[Stored dataset items]
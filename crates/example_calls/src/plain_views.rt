//! `PyMemoryView` by plain arguments.
use crate::telling::{refuses, same};
use pybuf::{ExporterState, Fault, Halt, PyByteArray, PyMemoryView, PySlice};
use std::test::Fail;

#[test]
fn a_slice_of_a_view_is_read(rt: HostRuntime) -> Result<(), Fail> {
    let alloc = rt.alloc();
    let mut array = PyByteArray::from_slice(alloc, b"abcdef")?;
    let state = array.state_mut();
    let view = PyMemoryView::of_all(state)?;
    let part = view.slice(state, 1..4)?;
    same(&rt, part.to_vec(state)?.as_slice(), b"bcd");
    let backwards = view.slice(state, PySlice::new(None, None, Some(-2)))?;
    same(&rt, backwards.to_vec(state)?.as_slice(), b"fdb");
    Ok(())
}

#[test]
fn items_are_read_and_written(rt: HostRuntime) -> Result<(), Fail> {
    let alloc = rt.alloc();
    let mut array = PyByteArray::from_slice(alloc, b"\x01\x00\x02\x00\x03\x00")?;
    let state = array.state_mut();
    let numbers = PyMemoryView::of_all(state)?.cast_to(state, "H")?;
    assert!(rt; numbers.index(state, -1)?.number() == Some(3));
    numbers.set(state, 1, 513)?;
    let refused = numbers.set(state, 1, 65_536);
    assert!(rt; refused == Err(Halt::Refused(Fault::Kind)));
    refuses(&rt, numbers.index(state, 3), Fault::Index);
    same(&rt, state.bytes(), b"\x01\x00\x01\x02\x03\x00");
    numbers.try_release(state)?;
    refuses(&rt, numbers.to_vec(state), Fault::Value);
    Ok(())
}

/// Copies over items of the one: bytes, then the last items of the other, and then its own backwards.
fn assign(state: &mut ExporterState, other: &mut ExporterState) -> Result<(), Halt> {
    let view = PyMemoryView::of_all(state)?;
    let last = PyMemoryView::of_all(other)?.slice(other, 3..)?;
    view.assign(state, 0..2, b"12")?;
    view.assign_from(state, 3.., other, &last)?;
    view.assign_within(state, PySlice::new(None, None, Some(-1)), &view)
}

#[test]
fn items_of_a_view_are_assigned(rt: HostRuntime) -> Result<(), Fail> {
    let alloc = rt.alloc();
    let mut array = PyByteArray::from_slice(alloc, b"abcdef")?;
    let mut other = PyByteArray::from_slice(alloc, b"UVWXYZ")?;
    assign(array.state_mut(), other.state_mut())?;
    same(&rt, array.as_slice(), b"ZYXc21");
    Ok(())
}

#[test]
fn a_view_has_rows(rt: HostRuntime) -> Result<(), Fail> {
    let alloc = rt.alloc();
    let mut array = PyByteArray::from_slice(alloc, b"abcdef")?;
    let state = array.state_mut();
    let rows = PyMemoryView::of_all(state)?.cast_shape(state, "B", &[2, 3])?;
    assert!(rt; rows.shape_vec(state)?.as_slice() == [2usize, 3].as_slice());
    assert!(rt; rows.strides_vec(state)?.as_slice() == [3isize, 1].as_slice());
    Ok(())
}
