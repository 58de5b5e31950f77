//! `PyByteArray`, as Python's `bytearray`.
use crate::telling::{Told, equal, refuses, same, tells};
use crate::values::{bytes, int, none, part};
use pybuf::{ExporterKind, Fault, PyByteArray};
use std::test::Fail;

#[test]
fn a_bytearray_is_edited(rt: HostRuntime) -> Result<(), Fail> {
    let alloc = rt.alloc();
    let three = bytes(alloc, b"XYZ")?;
    let mut array = PyByteArray::from_slice(alloc, b"abc")?;
    tells(&rt, array.append(int(100), none(alloc)), Told::Done);
    let set = array.setitem(part(0, 2), three, none(alloc));
    tells(&rt, set, Told::Done);
    tells(&rt, array.delitem(int(-1), none(alloc)), Told::Done);
    tells(&rt, array.insert(int(0), int(33), none(alloc)), Told::Done);
    tells(&rt, array.pop(None, none(alloc)), Told::Number(99));
    same(&rt, array.borrow_buf(), b"!XYZ");
    let refused = Told::Refused(Fault::Value);
    tells(&rt, array.append(int(256), none(alloc)), refused);
    Ok(())
}

/// Adds a line feed where no view is unreleased.
fn end_line(array: &mut PyByteArray) -> Result<bool, Fail> {
    if array.state().kind() != ExporterKind::ByteArray {
        return Ok(false);
    }
    match array.try_resizable() {
        Ok(bytes) => {
            bytes.push(b'\n')?;
            Ok(true)
        }
        Err(_) => Ok(false),
    }
}

#[test]
fn plain_edits_wait_for_views(rt: HostRuntime) -> Result<(), Fail> {
    let alloc = rt.alloc();
    let mut array = PyByteArray::from_slice(alloc, b"abc")?;
    tells(&rt, array.as_buffer(none(alloc)), Told::View(0));
    refuses(&rt, array.push(100), Fault::Buffer);
    array.set(0, b'A')?;
    equal(&rt, array.state_mut().release_view(0), Ok(()));
    array.push(100)?;
    equal(&rt, array.pop_last()?, Some(100));
    same(&rt, array.as_slice(), b"Abc");
    equal(&rt, end_line(&mut array)?, true);
    same(&rt, array.as_slice(), b"Abc\n");
    Ok(())
}
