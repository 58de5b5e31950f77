//! `FormatSpec`, as Python's `struct`.
use crate::telling::{equal, refuses, same};
use pybuf::{Fault, FormatSpec, Scalar};
use std::test::Fail;

#[test]
fn records_are_read_and_written(rt: HostRuntime) -> Result<(), Fail> {
    let alloc = rt.alloc();
    let format = FormatSpec::from_str(alloc, "<hI")?;
    let values = format.unpack_from(alloc, b"ab\x01\x00\x02\x00\x00\x00", 2)?;
    equal(&rt, values.numbers::<2>()?, [1, 2]);
    let mut room = [0u8; 8];
    format.pack_at(&mut room, 2, values.as_slice())?;
    same(&rt, &room, b"\0\0\x01\x00\x02\x00\x00\x00");
    let refused = format.pack_at(&mut room, 3, values.as_slice());
    equal(&rt, refused, Err(Fault::Struct));
    let values = [Scalar::from(-2), Scalar::from(258)];
    let bytes = format.pack_values(alloc, &values)?;
    same(&rt, bytes.as_slice(), b"\xfe\xff\x02\x01\x00\x00");
    refuses(&rt, FormatSpec::from_str(alloc, "<n"), Fault::Struct);
    Ok(())
}
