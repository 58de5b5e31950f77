//! What the examples ask of answers.
//!
//! Each takes what it looks at, so that no example drops a reply at each place where it may stop; and values are
//! compared here, since each comparison in an example itself is proved anew.
use pybuf::{Fault, Halt, Item, LocalReply, Made, Reply, Scalar};
use std::process::Abort;

/// What is told by a reply that has no parts, as the examples compare it.
#[derive(Clone, Copy, PartialEq)]
pub(crate) enum Told {
    Done,
    Handle(u64),
    View(usize),
    Iterator(usize),
    Number(i128),
    Truth(bool),
    Stop,
    Refused(Fault),
    More,
}

fn told_by(reply: &LocalReply) -> Told {
    match reply {
        LocalReply::Ok => Told::Done,
        LocalReply::View(view) => Told::View(*view),
        LocalReply::Iter(iterator) => Told::Iterator(*iterator),
        LocalReply::Item(Item::One(Scalar::Int(number))) => Told::Number(*number),
        LocalReply::Item(Item::One(Scalar::Bool(truth))) => Told::Truth(*truth),
        LocalReply::Truth(truth) => Told::Truth(*truth),
        LocalReply::Stop => Told::Stop,
        LocalReply::Refused(fault) => Told::Refused(*fault),
        _ => Told::More,
    }
}

/// What an answer tells, and None for want of memory.
fn said(answer: Made<LocalReply>) -> Option<Told> {
    match answer {
        Ok(reply) => {
            let told = told_by(&reply);
            drop(reply);
            Some(told)
        }
        Err(_) => None,
    }
}

/// The answer tells this.
pub(crate) fn tells<R: Abort>(rt: &R, answer: Made<LocalReply>, wanted: Told) {
    let told = said(answer);
    assert!(*rt; told == Some(wanted));
}

fn heard_by(reply: &Reply) -> Told {
    match reply {
        Reply::Ok => Told::Done,
        Reply::Handle(handle) => Told::Handle(*handle),
        Reply::Item(Item::One(Scalar::Int(number))) => Told::Number(*number),
        Reply::Refused(fault) => Told::Refused(*fault),
        _ => Told::More,
    }
}

/// The reply of a world tells this.
pub(crate) fn hears<R: Abort>(rt: &R, reply: Option<&Reply>, wanted: Told) {
    let heard = reply.map(heard_by);
    assert!(*rt; heard == Some(wanted));
}

fn bytes_in(reply: &LocalReply) -> &[u8] {
    match reply {
        LocalReply::Bytes(bytes) => bytes.as_slice(),
        LocalReply::Text(text) | LocalReply::Shown(text) => text.as_slice(),
        _ => b"",
    }
}

fn has(answer: Made<LocalReply>, wanted: &[u8]) -> bool {
    match answer {
        Ok(reply) => {
            let has = bytes_in(&reply) == wanted;
            drop(reply);
            has
        }
        Err(_) => false,
    }
}

/// The answer has these bytes, or is this text.
pub(crate) fn gives<R: Abort>(rt: &R, answer: Made<LocalReply>, wanted: &[u8]) {
    let has = has(answer, wanted);
    assert!(*rt; has);
}

/// The call is refused so.
pub(crate) fn refuses<T: Drop, R: Abort>(rt: &R, answer: Result<T, Halt>, wanted: Fault) {
    let halt = answer.err();
    assert!(*rt; halt == Some(Halt::Refused(wanted)));
}

/// The bytes are these.
pub(crate) fn same<R: Abort>(rt: &R, bytes: &[u8], wanted: &[u8]) {
    assert!(*rt; bytes == wanted);
}

/// The value is this.
pub(crate) fn equal<T: PartialEq + Drop, R: Abort>(rt: &R, value: T, wanted: T) {
    assert!(*rt; value == wanted);
}
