//! The texts of moments, written and read: `YYYY-MM-DDTHH:MM:SSZ`, twenty bytes, the form of
//! Kubernetes' `metav1.Time`.

ghost use Rattle.std.specs.Prelude.{◌≡◌, ℕ, ◌+◌, ◌<◌, ◌≤◌, ◌/◌, ◌%◌, length, pos, IsSomeAnd};
ghost use Rattle.jiff_core.specs.Calendar.{IsBetween};
ghost use Rattle.jiff_core.specs.DateTime.{civil_seconds};
ghost use Rattle.jc_moment.specs.Digits.{IsPairAt};
ghost use Rattle.jc_moment.specs.Text.{IsMomentText};

use crate::{Moment, Want};
use jiff::civil::DateTime;
use jiff::fmt::temporal::DateTimePrinter;
use jiff_core::civil;
use std::alloc::Global;

/// Why a text was not read as a moment.
#[derive(Clone, Copy, PartialEq, Eq, Debug)]
pub enum MomentFault {
    /// The text is the text of no moment.
    BadMoment,
}

impl Moment {
    ghost use Rattle.std.specs.Prelude.{◌≡◌, ◌↔◌, ℕ, IfOk, IsTrue, length, pos, string_bytes};
    ghost use Rattle.jiff_core.specs.DateTime.{civil_seconds};
    ghost use Rattle.jc_moment.specs.Text.{IsMomentText, moment_text};

    /// The text of this moment, as `2024-06-19T17:30:05Z`: twenty bytes.
    ///
    /// # Errors
    /// `Want` only where there is no memory for the text.
    pub fn text(&self, alloc: Global) -> Result<String, Want>
        ensures spelled { IfOk result (λ t. IsMomentText self.now (string_bytes t)) }
        ensures text { IfOk result (λ t. string_bytes t ≡ moment_text self.now) }
        ensures twenty { IfOk result (λ t. length (string_bytes t) ≡ 20) }
    {
        let civil = DateTime::from_plain(self.civil());
        format!(in alloc; "{civil}Z")
    }

    /// The moment whose text this is. It takes no memory.
    ///
    /// # Errors
    /// `BadMoment` exactly where the text is the text of no moment, as where the calendar has no
    /// such day, a clock shows no such time, or an offset stands in place of the `Z`.
    pub fn parse(text: &[u8]) -> Result<Moment, MomentFault>
        ensures read { (m : ℕ) → (result ≡ Ok m) ↔ IsMomentText m text.now }
        ensures bad { (result ≡ Err MomentFault.BadMoment) ↔ ((m : ℕ) → ¬ (IsMomentText m text.now)) }
    {
        match candidate(text) {
            Some(moment) if moment.has_text(text) => Ok(moment),
            _ => Err(MomentFault::BadMoment),
        }
    }

    // The date and time of this moment in UTC.
    fn civil(&self) -> civil::DateTime
        ensures at { civil_seconds result ≡ pos self.now }
        ensures whole { result.time.subsec_nanosecond ≡ 0 }
    {
        civil::DateTime::from_nanosecond_in_range(self.seconds() as i128 * 1_000_000_000)
    }

    fn has_text(&self, text: &[u8]) -> bool
        ensures { IsTrue result ↔ IsMomentText self.now text.now }
    {
        let civil = DateTimePrinter::new().datetime_text(self.civil());
        match text.split_last() {
            Some((last, civil_part)) => *last == b'Z' && civil_part == civil.as_str().as_bytes(),
            None => false,
        }
    }
}

// The moment whose text this is, or some moment or none where it is the text of none.
fn candidate(text: &[u8]) -> Option<Moment>
    ensures { (m : ℕ) → IsMomentText m text.now → result ≡ Some m }
{
    match u64::try_from(civil_in(text)?.to_second()) {
        Ok(seconds) => Moment::from_seconds(seconds),
        Err(_) => None,
    }
}

// The date and time that the digits spell, if they are taken to stand where those of a moment's
// text do.
fn civil_in(text: &[u8]) -> Option<civil::DateTime>
    ensures { (m : ℕ) → IsMomentText m text.now
        → IsSomeAnd result (λ civil. civil_seconds civil ≡ pos m) }
{
    if text.len() != 20 {
        return None;
    }
    let year = year_in(text);
    let (month, day) = (pair(text, 5), pair(text, 8));
    let (hour, minute, second) = (pair(text, 11), pair(text, 14), pair(text, 17));
    match DateTime::new(year, month, day, hour, minute, second, 0) {
        Ok(civil) => Some(civil.to_plain()),
        Err(_) => None,
    }
}

// The year that the four digits at the front spell, and some year where other bytes stand there.
fn year_in(text: &[u8]) -> i16
    requires { 4 ≤ length text.now }
    ensures { (n : ℕ) → IsPairAt text.now 0 (n / 100) → IsPairAt text.now 2 (n % 100)
        → result ≡ pos n }
{
    pair(text, 0) as i16 * 100 + pair(text, 2) as i16
}

// The number that the two digits at `place` spell, and some number where other bytes stand there.
fn pair(text: &[u8], place: usize) -> i8
    requires { place + 1 < length text.now }
    ensures value { (n : ℕ) → IsPairAt text.now place n → result ≡ pos n }
    ensures below_100 { IsBetween (pos 0) (pos 99) result }
{
    let tens = text[place].saturating_sub(b'0').min(9);
    let ones = text[place + 1].saturating_sub(b'0').min(9);
    (tens * 10 + ones) as i8
}
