//! The moment as a number of seconds.

use std::marker::Model;

/// The seconds from 1970-01-01T00:00:00Z to the last moment, 9999-12-31T23:59:59Z.
const LAST_SECOND: u64 = 253_402_300_799;

/// A whole number of seconds after 1970-01-01T00:00:00Z, at most that of 9999-12-31T23:59:59Z.
/// A contract sees it as that number.
#[derive(Clone, Copy, PartialEq, Eq, PartialOrd, Ord, Hash, Debug)]
pub struct Moment {
    seconds: u64,
}

impl Model for Moment {
    ghost use Rattle.std.specs.Prelude.{ℕ};
    ghost use Rattle.jc_moment.specs.Range.{IsMoment};

    ghost Value = { ℕ };

    ghost view = { λ m. m.seconds };

    ghost invariant = { λ m. IsMoment m.seconds };

    ghost inverse = { λ n. record { seconds = n } };
}

impl Moment {
    ghost use Rattle.std.specs.Prelude.{◌≡◌, ◌+◌, ◌-◌, SomeIff};
    ghost use Rattle.jc_moment.specs.Range.{IsMoment};

    /// The moment `seconds` after 1970-01-01T00:00:00Z; `None` exactly past the last moment.
    pub fn from_seconds(seconds: u64) -> Option<Moment>
        ensures { SomeIff result (IsMoment seconds) seconds }
    {
        if seconds <= LAST_SECOND {
            Some(Moment { seconds })
        } else {
            None
        }
    }

    /// The whole seconds from 1970-01-01T00:00:00Z to this moment.
    pub fn seconds(&self) -> u64
        ensures value { result ≡ self.now }
        ensures range { IsMoment self.now }
    {
        self.seconds
    }

    /// The moment `seconds` after this one; `None` exactly where that is past the last moment.
    pub fn plus(&self, seconds: u64) -> Option<Moment>
        ensures { SomeIff result (IsMoment (self.now + seconds)) (self.now + seconds) }
    {
        Moment::from_seconds(self.seconds.checked_add(seconds)?)
    }

    /// The whole seconds from `earlier` to this moment; 0 where `earlier` is not earlier.
    pub fn since(&self, earlier: &Moment) -> u64
        ensures { result ≡ self.now - earlier.now }
    {
        self.seconds.saturating_sub(earlier.seconds)
    }
}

- _What you need to do_
What lines of the preceding data include the string "Rattle"? Pull them out.

- _Reply_
ghost use Rattle.std.specs.Prelude.{◌≡◌, ℕ, ◌+◌, ◌<◌, ◌≤◌, ◌/◌, ◌%◌, length, pos, IsSomeAnd};
ghost use Rattle.jiff_core.specs.Calendar.{IsBetween};
ghost use Rattle.jiff_core.specs.DateTime.{civil_seconds};
ghost use Rattle.jc_moment.specs.Digits.{IsPairAt};
ghost use Rattle.jc_moment.specs.Text.{IsMomentText};
    ghost use Rattle.std.specs.Prelude.{◌≡◌, ◌↔◌, ℕ, IfOk, IsTrue, length, pos, string_bytes};
    ghost use Rattle.jiff_core.specs.DateTime.{civil_seconds};
    ghost use Rattle.jc_moment.specs.Text.{IsMomentText, moment_text};
    ghost use Rattle.std.specs.Prelude.{ℕ};
    ghost use Rattle.jc_moment.specs.Range.{IsMoment};
    ghost use Rattle.std.specs.Prelude.{◌≡◌, ◌+◌, ◌-◌, SomeIff};
    ghost use Rattle.jc_moment.specs.Range.{IsMoment};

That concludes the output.